The waitress is confused, tries to smile, and her earnest, vain attempt at kindness withers me a bit. You’re happy to imagine a ghost wants it from you? I scold myself. You are b-o-r-e-d.
On the 4th of July, I go to a party on my friends roof. There’s a guy there who could be a timber-farming Disney prince, and of course, baby I am, I sit tall as a cat in the corner and talk to my friend’s mother.
“So I think I have a ghost!” I tell the story. “You look skeptical, Pam.”
She responds, hands up; “I say this only because you asked. What I think you have is anxiety. When you confront the ghost, you confront yourself.” She’s good. I think. I wonder if she’s right. Then I remember that porcelain cherub.
That night I tell Elliot, firmly, “Listen, you can stay, but no more physical indications of your presence. I can’t deal.”
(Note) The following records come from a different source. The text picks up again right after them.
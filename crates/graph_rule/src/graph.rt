//! The graph of a start.

ghost use Rattle.std.specs.Prelude.{◌≡◌, IfOk};
ghost use Rattle.std.specs.Option.{option_copied};
ghost use Rattle.hive_model.specs.Valid.{HoldsKeys};
ghost use Rattle.graph_rule.specs.Rows.{whole_of};
ghost use Rattle.graph_rule.specs.Shown.{drawn, no_graph, graph_of};

use crate::marks::marks_of;
use crate::numbers::{drawn_by, numbers};
use crate::whole::{WholeGraph, whole_of};
use answer_lines::graph_lines::{Graph, GraphEdges, GraphNodes};
use nt_bytes::Units;
use std::alloc::{AllocError, Global};
use why_needs::why_state::ViewedRun;

/// What is shown of all nodes and edges of a start.
fn drawn(alloc: Global, run: &ViewedRun, of: Option<&Units>) -> Result<Graph, AllocError>
    requires { HoldsKeys run.now.run.set }
    ensures { IfOk result (λ graph. graph ≡ drawn (whole_of run.now (option_copied of.entry))) }
{
    let whole = whole_of(alloc, run, of)?;
    let marks = marks_of(alloc, &whole)?;
    let numbers = numbers(alloc, marks.as_slice())?;
    drawn_by(alloc, &whole, numbers.as_slice())
}

/// Nothing is shown.
fn no_graph(alloc: Global) -> Graph
    ensures { result ≡ no_graph }
{
    Graph {
        nodes: GraphNodes::new(alloc),
        edges: GraphEdges::new(alloc),
    }
}

/// The graph of a start, or of one name in it: that, what it needs, and what needs it, over any number of steps. Takes n log n time in the
/// entries, their needs, and the members of groups. A hive must be able to hold the set.
#[tactic(auto, unfolding(crate::specs::Shown::graph_of))]
pub fn graph_in(alloc: Global, run: &ViewedRun, of: Option<&Units>) -> Result<Graph, AllocError>
    requires { HoldsKeys run.now.run.set }
    ensures exact { IfOk result (λ graph. graph ≡ graph_of run.now (option_copied of.entry)) }
{
    if run.views.is_empty() {
        return Ok(no_graph(alloc));
    }
    drawn(alloc, run, of)
}
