//! Lists of names.

ghost use Rattle.std.specs.Prelude.{◌≡◌, ◌↔◌, ◌++◌, position, IfOk, OnOk, IsTrue, Some};
ghost use Rattle.nt_bytes.specs.Folding.{folds_same};
ghost use Rattle.start_model.specs.Order.{first_names};
ghost use Rattle.why_needs.specs.why_state.Views.{names_of};

use boot_phases::service_entries::Entry;
use nt_bytes::{Names, Units};
use nt_names::name_places::NamePlaces;
use std::alloc::{AllocError, Global};

/// The names without those that fold as one before them. Takes n log n time.
pub(crate) fn first_names(alloc: Global, names: Names) -> Result<Names, AllocError>
    ensures { IfOk result (λ n. n ≡ first_names names) }
{
    let places = NamePlaces::new(alloc, names)?;
    firsts(alloc, &places)
}

/// Each name where it stands first.
fn firsts(alloc: Global, places: &NamePlaces) -> Result<Names, AllocError>
    ensures { IfOk result (λ n. n ≡ first_names places.now) }
{
    let mut first = Names::new(alloc);
    for (place, name) in places.as_slice().iter().enumerate() {
        if is_first(places, name.as_slice(), place) {
            first.push(name.copy(alloc)?)?;
        }
    }
    Ok(first)
}

/// Whether this is the first place of a name that folds as this one does.
fn is_first(places: &NamePlaces, name: &[u16], place: usize) -> bool
    ensures { IsTrue result ↔ position (folds_same name.now) places.now ≡ Some place }
{
    places.place_of(name) == Some(place)
}

/// Puts the names after the others.
pub(crate) fn push_names(alloc: Global, names: &[Units], out: &mut Names) -> Result<(), AllocError>
    ensures { OnOk result (out.new ≡ out.old ++ names.now) }
{
    for name in names {
        out.push(name.copy(alloc)?)?;
    }
    Ok(())
}

/// The names of the entries.
pub(crate) fn names_of(alloc: Global, entries: &[Entry]) -> Result<Names, AllocError>
    ensures { IfOk result (λ names. names ≡ names_of entries.now) }
{
    let mut names = Names::new(alloc);
    for entry in entries {
        names.push(entry.name.copy(alloc)?)?;
    }
    Ok(names)
}
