//! Which key nodes name a parent.

ghost use Rattle.std.specs.Prelude.{◌≡◌, ◌≤◌, ◌++◌, ℕ, length, IfOk, OnOk};
ghost use Rattle.hive_model.specs.KeyNode.{key_node_at};
ghost use Rattle.hive_model.specs.Walk.{reading};
ghost use Rattle.salvage_bins.specs.Ground.{ground_of};
ghost use Rattle.salvage_parents.specs.Naming.{AreNaming, listed, parent_in, place_if};

use cell_forms::read_nk;
use nt_bytes::ReadStop;
use salvage_bins::DamagedCells;
use std::alloc::{AllocError, Global};
use std::collections::BTreeMap;

/// The places of key nodes, rising, by the place of the parent that they name.
pub(crate) type ParentIndex = BTreeMap<u32, Vec<u32>>;

// The parent that the key node at an offset names, where an allocated cell with that form begins there.
fn parent_at(alloc: Global, cells: &DamagedCells<'_>, at: u32) -> Result<Option<u32>, AllocError>
    ensures { IfOk result (λ o. o ≡ parent_in (reading key_node_at (ground_of cells.now).cells at)) }
{
    let Ok(payload) = cells.payload(at) else {
        return Ok(None);
    };
    match read_nk(alloc, payload, at) {
        Ok(node) => Ok(Some(node.parent)),
        Err(ReadStop::Memory) => Err(AllocError),
        Err(ReadStop::Fault(_)) => Ok(None),
    }
}

// Adds a place to those of a parent.
fn add_to(
    alloc: Global,
    index: &mut BTreeMap<u32, Vec<u32>>,
    parent: u32,
    at: u32,
) -> Result<(), AllocError>
    ensures { OnOk result ((p : ℕ) → listed index.new p ≡ listed index.old p ++ place_if p (Some parent) at) }
{
    let mut places = match index.remove(&parent) {
        Some(places) => places,
        None => Vec::new(alloc),
    };
    places.push(at)?;
    index.insert(parent, places)?;
    Ok(())
}

// The same where there is a parent.
fn add(
    alloc: Global,
    index: &mut BTreeMap<u32, Vec<u32>>,
    parent: Option<u32>,
    at: u32,
) -> Result<(), AllocError>
    ensures { OnOk result ((p : ℕ) → listed index.new p ≡ listed index.old p ++ place_if p parent at) }
{
    match parent {
        Some(parent) => add_to(alloc, index, parent, at),
        None => Ok(()),
    }
}

/// The index of all key nodes.
pub(crate) fn index_of(
    alloc: Global,
    cells: &DamagedCells<'_>,
) -> Result<BTreeMap<u32, Vec<u32>>, AllocError>
    requires { length cells.now.bytes.now ≤ 268435456 }
    ensures { IfOk result (AreNaming (ground_of cells.now)) }
{
    let mut index = BTreeMap::new(alloc);
    let mut slot = 0;
    let slots = cells.bytes.len() / 8;
    'slots: while slot < slots {
        let at = 8 * slot as u32;
        let parent = parent_at(alloc, cells, at)?;
        add(alloc, &mut index, parent, at)?;
        slot += 1;
    }
    Ok(index)
}

/// The places of the key nodes that name a parent.
pub(crate) fn places_of(index: &BTreeMap<u32, Vec<u32>>, parent: u32) -> &[u32]
    ensures { result.now ≡ listed index.now parent }
{
    match index.get(&parent) {
        Some(places) => places.as_slice(),
        None => &[],
    }
}
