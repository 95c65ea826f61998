//! Device files in memory, which tell what they hold.
ghost use Rattle.std.specs.Prelude.{◌≡◌, ◌≤◌, ◌<◌, ◌+◌, ◌*◌, ℕ, IfOk, None, OnOk, length, slice_index_or, vec_len};
ghost use Rattle.device_files.specs.DeviceFiles.{file_in};
ghost use Rattle.device_files.specs.HeldFiles.{AreSectorsOf, IsDiskOf};
ghost use Rattle.sector_model.specs.DeviceFiles.{AreAt};

use super::growing::Growing;
use super::lending::BankFile;
use sector_model::{Image, MemBank, Plan, Sector};
use std::alloc::{AllocError, Global};
use std::io;

const SECTOR_BYTES: usize = 512;

// What a record of a run has room for: so many writes and flushes.
const ROOM: usize = 8_192;

/// A file in memory. It tells what it holds, and what a power cut leaves of that.
#[derive(Drop)]
pub struct HeldFile {
    /// Its bytes.
    pub bytes: Vec<u8>,
    // Its bytes as they were at the last sync.
    safe: Vec<u8>,
}

impl HeldFile {
    /// A file that holds these bytes, all of them safe. `AllocError` where an allocation was refused.
    pub fn new(alloc: Global, bytes: &[u8]) -> Result<HeldFile, AllocError>
        ensures told { IfOk result (λ file. file.bytes.items ≡ bytes.now) }
        ensures safe { IfOk result (λ file. file.safe.items ≡ bytes.now) }
    {
        let safe = Vec::from_slice(alloc, bytes)?;
        let bytes = Vec::from_slice(alloc, bytes)?;
        Ok(HeldFile { bytes, safe })
    }

    // Makes safe what it holds.
    fn make_safe(&mut self) -> Result<(), AllocError>
        ensures told { self.new.bytes ≡ self.old.bytes }
        ensures safe { OnOk result (self.new.safe.items ≡ self.new.bytes.items) }
    {
        self.safe.clear();
        self.safe.extend_from_slice(&self.bytes)
    }
}

impl Growing for HeldFile {
    ghost use Rattle.std.specs.Prelude.{◌≡◌, true, ⊤};

    ghost tells = { true };

    ghost told = { λ file. file.bytes.items };

    ghost is_safe = { λ file. file.safe.items ≡ file.bytes.items };

    ghost is_locked = { λ _. ⊤ };

    ghost has_failed = { λ _. ⊤ };

    ghost sync_failed = { λ _ _. ⊤ };

    fn size(&self) -> io::Result<u64> {
        Ok(self.bytes.len() as u64)
    }

    fn append(&mut self, bytes: &[u8]) -> io::Result<usize> {
        self.bytes.extend_from_slice(bytes)?;
        Ok(bytes.len())
    }

    fn stretch(&mut self, bytes: u64) -> io::Result<()> {
        if self.bytes.len() < bytes as usize {
            self.bytes.resize(bytes as usize, 0)?;
        }
        Ok(())
    }

    fn cut(&mut self, bytes: u64) -> io::Result<()> {
        self.bytes.truncate(bytes as usize);
        Ok(())
    }

    fn sync(&mut self) -> io::Result<()> {
        self.make_safe()?;
        Ok(())
    }
}

impl BankFile for HeldFile {
    type Record = MemBank;

    ghost left = { λ file. file.safe.items };

    fn read_part(&self, place: u64, to: &mut [u8]) -> io::Result<usize> {
        let start = place as usize;
        to.copy_from_slice(&self.bytes[start..start + to.len()]);
        Ok(to.len())
    }

    fn write_part(&mut self, place: u64, from: &[u8]) -> io::Result<usize> {
        let start = place as usize;
        self.bytes[start..start + from.len()].copy_from_slice(from);
        Ok(from.len())
    }

    fn sync_written(&mut self) -> io::Result<()> {
        self.make_safe()?;
        Ok(())
    }

    fn record(alloc: Global, files: &[Option<HeldFile>]) -> Result<MemBank, AllocError> {
        let slots = disks_of(alloc, files)?;
        match MemBank::new(alloc, Image { slots }, Plan::NONE, ROOM) {
            Ok(notes) => Ok(notes),
            Err(_) => Err(AllocError),
        }
    }
}

// A sector of a file.
fn sector_of(bytes: &[u8], number: usize) -> Sector
    requires { 512 * number + 512 ≤ length bytes.now }
    ensures len { length result ≡ 512 }
    ensures bytes { AreAt (λ p. slice_index_or bytes.now p 0) (512 * number) 512 result }
{
    let mut sector = [0; SECTOR_BYTES];
    let start = SECTOR_BYTES * number;
    sector.copy_from_slice(&bytes[start..start + SECTOR_BYTES]);
    sector
}

// The sectors of a file.
fn sectors_of(alloc: Global, bytes: &[u8]) -> Result<Vec<Sector>, AllocError>
    ensures { IfOk result (λ disk. AreSectorsOf bytes.now disk.items) }
{
    let mut disk = Vec::new(alloc);
    for number in 0..bytes.len() / SECTOR_BYTES {
        disk.push(sector_of(bytes, number))?;
    }
    Ok(disk)
}

// The sectors of a file, where there is one.
fn disk_of(alloc: Global, file: &Option<HeldFile>) -> Result<Option<Vec<Sector>>, AllocError>
    ensures { IfOk result (IsDiskOf (λ file. file.bytes.items) file.now) }
{
    match file {
        Some(file) => Ok(Some(sectors_of(alloc, &file.bytes)?)),
        None => Ok(None),
    }
}

// The sectors of each file.
fn disks_of(
    alloc: Global,
    files: &[Option<HeldFile>],
) -> Result<Vec<Option<Vec<Sector>>>, AllocError>
    ensures len { IfOk result (λ slots. vec_len slots ≡ length files.now) }
    ensures each { IfOk result (λ slots. (slot : ℕ) → slot < length files.now
        → IsDiskOf (λ file. file.bytes.items) (file_in files.now slot) (slice_index_or slots.items slot None)) }
{
    let mut slots = Vec::with_capacity(alloc, files.len())?;
    for file in files {
        slots.push(disk_of(alloc, file)?)?;
    }
    Ok(slots)
}
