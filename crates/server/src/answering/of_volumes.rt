//! The volumes of a store are changed as a whole, blocks of them made zero, and all of them told.
ghost use Rattle.std.specs.Prelude.{◌≡◌, ◌≤◌, ◌↔◌, List, None};
ghost use Rattle.array_io.specs.Believed.OpenArray.{IsHonest};
ghost use Rattle.volume_table.specs.OpenStore.{store_view};
ghost use Rattle.volume_table.specs.Volumes.{Block};
ghost use Rattle.volume_table.specs.VolumeStep.{Create, Extend, Names, Remove, Rename};
ghost use Rattle.volume_table.specs.declared.event.TheConstants.{MOST_ZEROED_AT_ONCE};
ghost use Rattle.requests.specs.Demands.{OnVolumes, ZeroBlocks};
ghost use Rattle.server.specs.Answers.{IsServed};
ghost use Rattle.server.specs.Outcomes.{told_in};

use super::{Outcome, outcome_of};
use sector_model::Bank;
use std::alloc::Global;
use volume_table::Store;

// Makes 1 to 65,536 blocks of the volume of this name zero, from block `at` on.
pub(super) fn answer_zero<B: Bank>(
    store: &mut Store<B>,
    name: &[u8],
    at: u32,
    count: u32,
) -> Outcome
    requires least { 1 ≤ count }
    requires most { count ≤ MOST_ZEROED_AT_ONCE }
    ensures honest { IsHonest store.old.array ↔ IsHonest store.new.array }
    ensures served { (buffer : List Block) → store.old.ended ≡ None → IsServed (IsHonest store.old.array)
        (ZeroBlocks name.now at count) (store_view store.old) (store_view store.new) (told_in result buffer) }
{
    outcome_of(store.zero(name, at, count))
}

// Makes a volume of this name, of so many zero blocks.
pub(super) fn answer_create<B: Bank>(store: &mut Store<B>, name: &[u8], blocks: u32) -> Outcome
    ensures honest { IsHonest store.old.array ↔ IsHonest store.new.array }
    ensures served { (buffer : List Block) → store.old.ended ≡ None → IsServed (IsHonest store.old.array)
        (OnVolumes (Create name.now blocks)) (store_view store.old) (store_view store.new) (told_in result buffer) }
{
    outcome_of(store.create(name, blocks))
}

// Appends so many zero blocks to the volume of this name.
pub(super) fn answer_extend<B: Bank>(store: &mut Store<B>, name: &[u8], by: u32) -> Outcome
    ensures honest { IsHonest store.old.array ↔ IsHonest store.new.array }
    ensures served { (buffer : List Block) → store.old.ended ≡ None → IsServed (IsHonest store.old.array)
        (OnVolumes (Extend name.now by)) (store_view store.old) (store_view store.new) (told_in result buffer) }
{
    outcome_of(store.extend(name, by))
}

// Removes the volume of this name.
pub(super) fn answer_remove<B: Bank>(store: &mut Store<B>, name: &[u8]) -> Outcome
    ensures honest { IsHonest store.old.array ↔ IsHonest store.new.array }
    ensures served { (buffer : List Block) → store.old.ended ≡ None → IsServed (IsHonest store.old.array)
        (OnVolumes (Remove name.now)) (store_view store.old) (store_view store.new) (told_in result buffer) }
{
    outcome_of(store.remove(name))
}

// Gives the volume of a name another.
pub(super) fn answer_rename<B: Bank>(store: &mut Store<B>, old: &[u8], new: &[u8]) -> Outcome
    ensures honest { IsHonest store.old.array ↔ IsHonest store.new.array }
    ensures served { (buffer : List Block) → store.old.ended ≡ None → IsServed (IsHonest store.old.array)
        (OnVolumes (Rename old.now new.now)) (store_view store.old) (store_view store.new) (told_in result buffer) }
{
    outcome_of(store.rename(old, new))
}

// Tells all volumes.
pub(super) fn answer_list<B: Bank>(store: &mut Store<B>, alloc: Global) -> Outcome
    ensures honest { IsHonest store.old.array ↔ IsHonest store.new.array }
    ensures served { (buffer : List Block) → store.old.ended ≡ None → IsServed (IsHonest store.old.array)
        (OnVolumes Names) (store_view store.old) (store_view store.new) (told_in result buffer) }
{
    match store.list(alloc) {
        Ok(volumes) => Outcome::Listed(volumes),
        Err(refusal) => Outcome::Refused(refusal),
    }
}
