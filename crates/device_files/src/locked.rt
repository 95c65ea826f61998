//! Device files that are open, and locked against other programs, and what of them is safe.
ghost use Rattle.std.specs.Prelude.{◌≡◌, IfSome, IsNone, OnOk, false, true, vec_len};

use super::{Reason, SLOTS};
use std::fs::{File, TryLockError};
use std::io;

/// A file that can be locked against other programs, and made safe.
pub trait Lock: 'static {
    /// The file is locked to whoever opened it, until it is closed, or lies on a file system without locks.
    ghost is_ours: { Self → Type 0 };

    /// Another open file has the lock of the file.
    ghost is_theirs: { Self → Type 0 };

    /// What the file holds, and how long it is, is safe: a power cut leaves it as it is.
    ghost is_safe: { Self → Type 0 };

    /// Locks the file without waiting. `false` where another open file has the lock.
    fn lock(&mut self) -> bool
        ensures ours { result ≡ true → is_ours self.new }
        ensures theirs { result ≡ false → is_theirs self.old };

    /// Makes safe what the file holds, and how long it is. The error is that of the system, and of what is safe nothing
    /// is known then.
    fn sync_held(&mut self) -> io::Result<()>
        ensures safe { OnOk result (is_safe self.new) }
        ensures ours { ∥ is_ours self.old ∥₁ → ∥ is_ours self.new ∥₁ };
}

impl Lock for File {
    ghost use Rattle.std.specs.Prelude.{⊤};

    ghost is_ours = { λ _. ⊤ };

    ghost is_theirs = { λ _. ⊤ };

    ghost is_safe = { λ _. ⊤ };

    fn lock(&mut self) -> bool {
        !matches!(self.try_lock(), Err(TryLockError::WouldBlock))
    }

    fn sync_held(&mut self) -> io::Result<()> {
        self.sync_all()
    }
}

/// A file of the system that is open, and locked to whoever opened it.
#[derive(Drop)]
pub struct Locked<F: Lock> {
    /// The file. Its lock is given up when it is closed.
    pub file: F,
    /// It was synced after it was locked, and was not lengthened or cut since.
    pub(super) is_synced: bool,
    ghost ours: { ∥ F.is_ours file ∥₁ },
    ghost safe: { is_synced ≡ true → ∥ F.is_safe file ∥₁ },
}

impl<F: Lock + Drop> Locked<F> {
    /// Locks a file, without waiting; `None` where another open file has the lock. It is not synced.
    pub fn over(file: F) -> Option<Locked<F>>
        ensures ours { IfSome result (λ locked. F.is_ours locked.file) }
        ensures theirs { IsNone result → F.is_theirs file }
    {
        let mut file = file;
        if file.lock() {
            Some(Locked {
                file,
                is_synced: false,
            })
        } else {
            None
        }
    }
}

/// What a device file was before a command made it longer.
#[derive(Clone, Copy, PartialEq, Eq)]
pub enum Before {
    /// The command did nothing to it, or emptied it.
    Same,
    /// It was not there.
    Absent,
    /// It had so many bytes, all of which it still has.
    Shorter(u64),
}

/// The files of a folder's ten slots, and what each was before a command made it longer.
#[derive(Drop)]
pub struct DeviceFiles<F: Drop> {
    /// The file of each slot, where its device is there.
    pub files: Vec<Option<F>>,
    // What each was.
    pub(super) before: [Before; SLOTS],
    /// Whether the sync of a slot's file failed when it was opened, so that it is used no more.
    pub unsynced: [bool; SLOTS],
    /// Why the file of a slot, which is there, could not be opened.
    pub barred: [Option<Reason>; SLOTS],
    ghost ten: { vec_len files ≡ 10 },
}

impl<F: Drop> DeviceFiles<F> {
    /// The files of the slots, of which there are ten, and what each was before.
    pub fn into_parts(self) -> (Vec<Option<F>>, UndoLog)
        ensures files { result.0 ≡ self.files }
        ensures log { result.1.before ≡ self.before }
    {
        let DeviceFiles { files, before, .. } = self;
        (files, UndoLog { before })
    }
}

/// What each file of a folder's slots was before a command made it longer. There is one, which `undo` consumes: who
/// still has it has taken nothing back.
#[derive(Drop)]
pub struct UndoLog {
    pub(super) before: [Before; SLOTS],
}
Dom from the Paranormal Society writes again and says, I’m free Sunday for some tests. He signs each e-mail so sweetly. Blessings. Sunday would be fine, I’m open.
I sit in front of the computer, have a think. If Dom comes, what if Elliot disappears? What if he gets mad or distrusts me or things turn sour? What if it feels empty after? Voided? What if Dom whips out a ghost radar and he tells me it’s just tricks of the light? What if I stop believing in Elliot, just because of what Dom says?It’s better to know. It’s better to stop these childish antics.
Dom, I type, Sunday actually isn’t good for me. I feel a breeze, a breath, a coolness on my neck.